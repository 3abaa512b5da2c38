// Rows with many bits: symmetry by strips, keys by those of twins or by sums over eight bits at a time.
ghost use Rattle.std.specs.Prelude.{◌≡◌, ◌*◌, ◌<◌, ◌≤◌, true, length};
ghost use Rattle.model.specs.Graph.{node_numbers};
ghost use Rattle.keys.specs.KeySums.{LeadersSummed, row_key, words_for};
ghost use Rattle.symmetry.specs.Symmetry.{symmetric};
ghost use Rattle.edges.specs.Edges.{loopless};
ghost use Rattle.checks.specs.Checks.{KeysBelow, rows_hold, twins_hold};

use groups::{LEAST, number};
use lent::Edges;
use rows::Graph;

// The open key of p: by the keys of its leader, which are right, or by the sums of those who lead.
fn open_key(edges: Edges, nodes: &[u16], keys: &[u32], sums: &[u32; Graph::NODES], p: usize) -> u32
    requires lens { (length nodes.now ≡ node_numbers * edges.n) × (length keys.now ≡ 2 * edges.n) × (p < edges.n) × LeadersSummed edges.n node_numbers nodes.now edges.words.now (words_for edges.n) sums.now }
    requires edges_value { (symmetric edges.words.now ≡ true) × (loopless edges.n edges.words.now ≡ true) × (twins_hold edges.n edges.words.now nodes.now ≡ true) × KeysBelow edges.n edges.words.now keys.now p }
    ensures { result ≡ row_key edges.entry.n edges.entry.words.now p }
{
    let l = number(nodes, p, LEAST);
    if l != p {
        return keys::twin_key(keys, edges.tied(l, p), l, p);
    }
    sums[p]
}

// Whether the keys of symmetric rows without loops are right.
fn keys_hold(edges: Edges, nodes: &[u16], keys: &[u32]) -> bool
    requires lens { (length nodes.now ≡ node_numbers * edges.n) × (length keys.now ≡ 2 * edges.n) }
    requires edges_value { (symmetric edges.words.now ≡ true) × (loopless edges.n edges.words.now ≡ true) × (twins_hold edges.n edges.words.now nodes.now ≡ true) }
    ensures { result ≡ rows_hold edges.entry.n edges.entry.words.now keys.now }
{
    let mut sums = [0u32; Graph::NODES];
    keys::sum_leaders(edges, nodes, Graph::NODE_NUMBERS, &mut sums);
    for p in 0..edges.n {
        if !super::keys_agree(keys, p, open_key(edges, nodes, keys, &sums, p)) {
            return false;
        }
    }
    true
}

// Whether edges and keys are those of a graph, where every node is a twin of its leader.
pub fn rows_hold(edges: Edges, nodes: &[u16], keys: &[u32]) -> bool
    requires { (length nodes.now ≡ node_numbers * edges.n) × (length keys.now ≡ 2 * edges.n) × (twins_hold edges.n edges.words.now nodes.now ≡ true) }
    ensures { result ≡ rows_hold edges.entry.n edges.entry.words.now keys.now }
{
    if !edges::hold_by_strips(edges) {
        return false;
    }
    keys_hold(edges, nodes, keys)
}
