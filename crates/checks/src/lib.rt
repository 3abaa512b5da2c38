// The test that lent tables hold a graph: the numbers of the node table are taken as a certificate, nothing is built anew.
#![tactic(auto)]

ghost use Rattle.std.specs.Prelude.{◌≡◌, ◌+◌, ◌*◌, ◌<◌, ◌≤◌, true, ◌&&◌, length};
ghost use Rattle.model.specs.Graph.{max_nodes, row_words, node_numbers};
ghost use Rattle.model.specs.Tables.{holds};
ghost use Rattle.rows.specs.Rows.{lent};
ghost use Rattle.search.specs.Search.{Ready};
ghost use Rattle.edges.specs.Edges.{row_holds};
ghost use Rattle.checks.specs.Slots.{Seen, SlotTaken, key_slot};
ghost use Rattle.checks.specs.Checks.{
  agrees,
  alone,
  link_holds,
  keys_hold,
  leaders_apart,
  node_holds,
  nodes_hold,
  rows_hold,
  twin_of,
  twins_hold,
};

mod dense;

use bits::{Bits, WORD_BITS};
use groups::{CLASS, LEAST, MARK, NEXT, PREVIOUS, number};
use lent::Edges;
use rows::Graph;

// The words of a set of key slots.
const SLOT_WORDS: usize = 1024;

// Whether the keys of p are those of a row whose cubes add up to sum.
fn keys_agree(keys: &[u32], p: usize, sum: u32) -> bool
    requires { (p < max_nodes) × (2 * p + 2 ≤ length keys.now) }
    ensures { result ≡ agrees keys.now p sum }
{
    if keys[2 * p] != sum {
        return false;
    }
    keys[2 * p + 1] == sum.wrapping_add(rows::cube_of(p))
}

// Whether the bits of p's row are mirrored and its keys are right: one walk over the bits.
fn row_holds(edges: Edges, keys: &[u32], p: usize) -> bool
    requires { (length keys.now ≡ 2 * edges.n) × (p < edges.n) }
    ensures { result ≡ (row_holds edges.entry.n edges.entry.words.now p && keys_hold edges.entry.n edges.entry.words.now keys.now p) }
{
    let mut sum = 0u32;
    for w in 0..Graph::ROW_WORDS {
        for k in Bits::of(edges.word(p, w)) {
            let q = WORD_BITS * w + k;
            if !edges::is_mirrored(edges, p, q) {
                return false;
            }
            sum = sum.wrapping_add(rows::cube_of(q));
        }
    }
    keys_agree(keys, p, sum)
}

// Whether edges and keys are those of a graph, bit by bit.
fn sparse_rows_hold(edges: Edges, keys: &[u32]) -> bool
    requires { length keys.now ≡ 2 * edges.n }
    ensures { result ≡ rows_hold edges.entry.n edges.entry.words.now keys.now }
{
    for p in 0..edges.n {
        if !row_holds(edges, keys, p) {
            return false;
        }
    }
    true
}

// Whether edges and keys are those of a graph, where every node is a twin of its leader.
fn rows_hold(edges: Edges, nodes: &[u16], keys: &[u32]) -> bool
    requires { (length nodes.now ≡ node_numbers * edges.n) × (length keys.now ≡ 2 * edges.n) × (twins_hold edges.n edges.words.now nodes.now ≡ true) }
    ensures { result ≡ rows_hold edges.entry.n edges.entry.words.now keys.now }
{
    if keys::is_dense(edges.words, edges.n) {
        return dense::rows_hold(edges, nodes, keys);
    }
    sparse_rows_hold(edges, keys)
}

// Whether l leads the group of p, of p's class, and p's row is that of a twin of l.
fn is_twin(edges: Edges, nodes: &[u16], p: usize, l: usize) -> bool
    requires { (length nodes.now ≡ node_numbers * edges.n) × (p < edges.n) }
    ensures { result ≡ twin_of edges.entry.words.now nodes.now p l }
{
    if l > p {
        return false;
    }
    if number(nodes, l, LEAST) != l {
        return false;
    }
    if l == p {
        return true;
    }
    if !search::same_class(nodes, p, l) {
        return false;
    }
    let closed = edges.tied(l, p);
    let a = Graph::ROW_WORDS * p;
    let b = Graph::ROW_WORDS * l;
    search::same_row(
        &edges.words[a..a + Graph::ROW_WORDS],
        &edges.words[b..b + Graph::ROW_WORDS],
        closed,
        p,
        l,
    )
}

// Whether every node is a twin of its leader.
fn twins_hold(edges: Edges, nodes: &[u16]) -> bool
    requires { length nodes.now ≡ node_numbers * edges.n }
    ensures { result ≡ twins_hold edges.entry.n edges.entry.words.now nodes.now }
{
    for p in 0..edges.n {
        let l = number(nodes, p, LEAST);
        if !is_twin(edges, nodes, p, l) {
            return false;
        }
    }
    true
}

// The slot of a key in a class among the keys seen.
fn slot(key: u32, class: u16) -> usize
    ensures { result ≡ key_slot key class }
{
    (key as usize + 257 * rows::wide(class)) % 65521
}

// Whether the slot of a key in a class was taken; now it is. Each slot is a bit.
fn take_slot(slots: &mut [u64; SLOT_WORDS], key: u32, class: u16) -> bool
    ensures { SlotTaken key class slots.old slots.new result }
{
    let s = slot(key, class);
    let i = rows::word_of(s);
    let x = slots[i];
    slots[i] = x | rows::mask(s);
    rows::has_bit(x, s)
}

// Whether u leads no group, or no leader below it is similar to it: none can be where none of its class has an equal key.
fn is_alone(
    edges: Edges,
    nodes: &[u16],
    keys: &[u32],
    u: usize,
    opens: &mut [u64; SLOT_WORDS],
    closeds: &mut [u64; SLOT_WORDS],
) -> bool
    requires ready { Ready edges.n edges.words.now keys.now }
    requires nodes_len { (length nodes.now ≡ node_numbers * edges.n) × (u < edges.n) × Seen nodes.now keys.now 0 u opens.old × Seen nodes.now keys.now 1 u closeds.old }
    ensures { (result ≡ alone edges.entry.n edges.entry.words.now nodes.now u) × Seen nodes.now keys.now 0 (u + 1) opens.new × Seen nodes.now keys.now 1 (u + 1) closeds.new }
{
    if number(nodes, u, LEAST) != u {
        return true;
    }
    let class = nodes[Graph::NODE_NUMBERS * u + CLASS];
    let open = take_slot(opens, keys[2 * u], class);
    let closed = take_slot(closeds, keys[2 * u + 1], class);
    if !(open | closed) {
        return true;
    }
    search::find_group(edges.words, nodes, keys, edges.n, u, u, u).is_none()
}

// Whether no two leaders are similar.
fn leaders_apart(edges: Edges, nodes: &[u16], keys: &[u32]) -> bool
    requires ready { Ready edges.n edges.words.now keys.now }
    requires nodes_len { length nodes.now ≡ node_numbers * edges.n }
    ensures { result ≡ leaders_apart edges.entry.n edges.entry.words.now nodes.now }
{
    let mut opens = [0u64; SLOT_WORDS];
    let mut closeds = [0u64; SLOT_WORDS];
    for u in 0..edges.n {
        if !is_alone(edges, nodes, keys, u, &mut opens, &mut closeds) {
            return false;
        }
    }
    true
}

// Whether p follows a in its group.
fn is_followed(nodes: &[u16], n: usize, p: usize, a: usize) -> bool
    requires { (n ≤ max_nodes) × (length nodes.now ≡ node_numbers * n) × (p < n) }
    ensures { result ≡ link_holds n nodes.now p a }
{
    if a >= n {
        return false;
    }
    let l = number(nodes, p, LEAST);
    if number(nodes, a, LEAST) != l {
        return false;
    }
    if number(nodes, a, NEXT) != p {
        return false;
    }
    if l == p {
        return true;
    }
    a < p
}

// Whether p follows the previous member, its mark is 0 or 1, and its class below 256.
fn node_holds(nodes: &[u16], n: usize, p: usize) -> bool
    requires { (n ≤ max_nodes) × (length nodes.now ≡ node_numbers * n) × (p < n) }
    ensures { result ≡ node_holds n nodes.now p }
{
    if !is_followed(nodes, n, p, number(nodes, p, PREVIOUS)) {
        return false;
    }
    if number(nodes, p, MARK) >= 2 {
        return false;
    }
    number(nodes, p, CLASS) < Graph::CLASSES
}

// Whether the groups are rings, marks are 0 or 1, and classes below 256.
fn nodes_hold(nodes: &[u16], n: usize) -> bool
    requires { (n ≤ max_nodes) × (length nodes.now ≡ node_numbers * n) }
    ensures { result ≡ nodes_hold n nodes.now }
{
    for p in 0..n {
        if !node_holds(nodes, n, p) {
            return false;
        }
    }
    true
}

// Whether the tables hold a graph of n nodes. Not inlined, so that `tables::check` can be.
#[inline(never)]
pub fn hold(edges: &[u64], nodes: &[u16], keys: &[u32], n: usize) -> bool
    requires { (n ≤ max_nodes) × (length edges.now ≡ row_words * n) × (length nodes.now ≡ node_numbers * n) × (length keys.now ≡ 2 * n) }
    ensures { result ≡ holds n (lent edges.now nodes.now keys.now) }
{
    let table = Edges { n, words: edges };
    if !nodes_hold(nodes, n) {
        return false;
    }
    if !twins_hold(table, nodes) {
        return false;
    }
    if !rows_hold(table, nodes, keys) {
        return false;
    }
    leaders_apart(table, nodes, keys)
}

++++

§ What this task involves: Taking the listing above as the source, transcribe only the lines starting at the line with "those who lead." and going through the line with "loops are right.", unaltered and with both ends included.

§ Task answer:
// The open key of p: by the keys of its leader, which are right, or by the sums of those who lead.
fn open_key(edges: Edges, nodes: &[u16], keys: &[u32], sums: &[u32; Graph::NODES], p: usize) -> u32
    requires lens { (length nodes.now ≡ node_numbers * edges.n) × (length keys.now ≡ 2 * edges.n) × (p < edges.n) × LeadersSummed edges.n node_numbers nodes.now edges.words.now (words_for edges.n) sums.now }
    requires edges_value { (symmetric edges.words.now ≡ true) × (loopless edges.n edges.words.now ≡ true) × (twins_hold edges.n edges.words.now nodes.now ≡ true) × KeysBelow edges.n edges.words.now keys.now p }
    ensures { result ≡ row_key edges.entry.n edges.entry.words.now p }
{
    let l = number(nodes, p, LEAST);
    if l != p {
        return keys::twin_key(keys, edges.tied(l, p), l, p);
    }
    sums[p]
}

// Whether the keys of symmetric rows without loops are right.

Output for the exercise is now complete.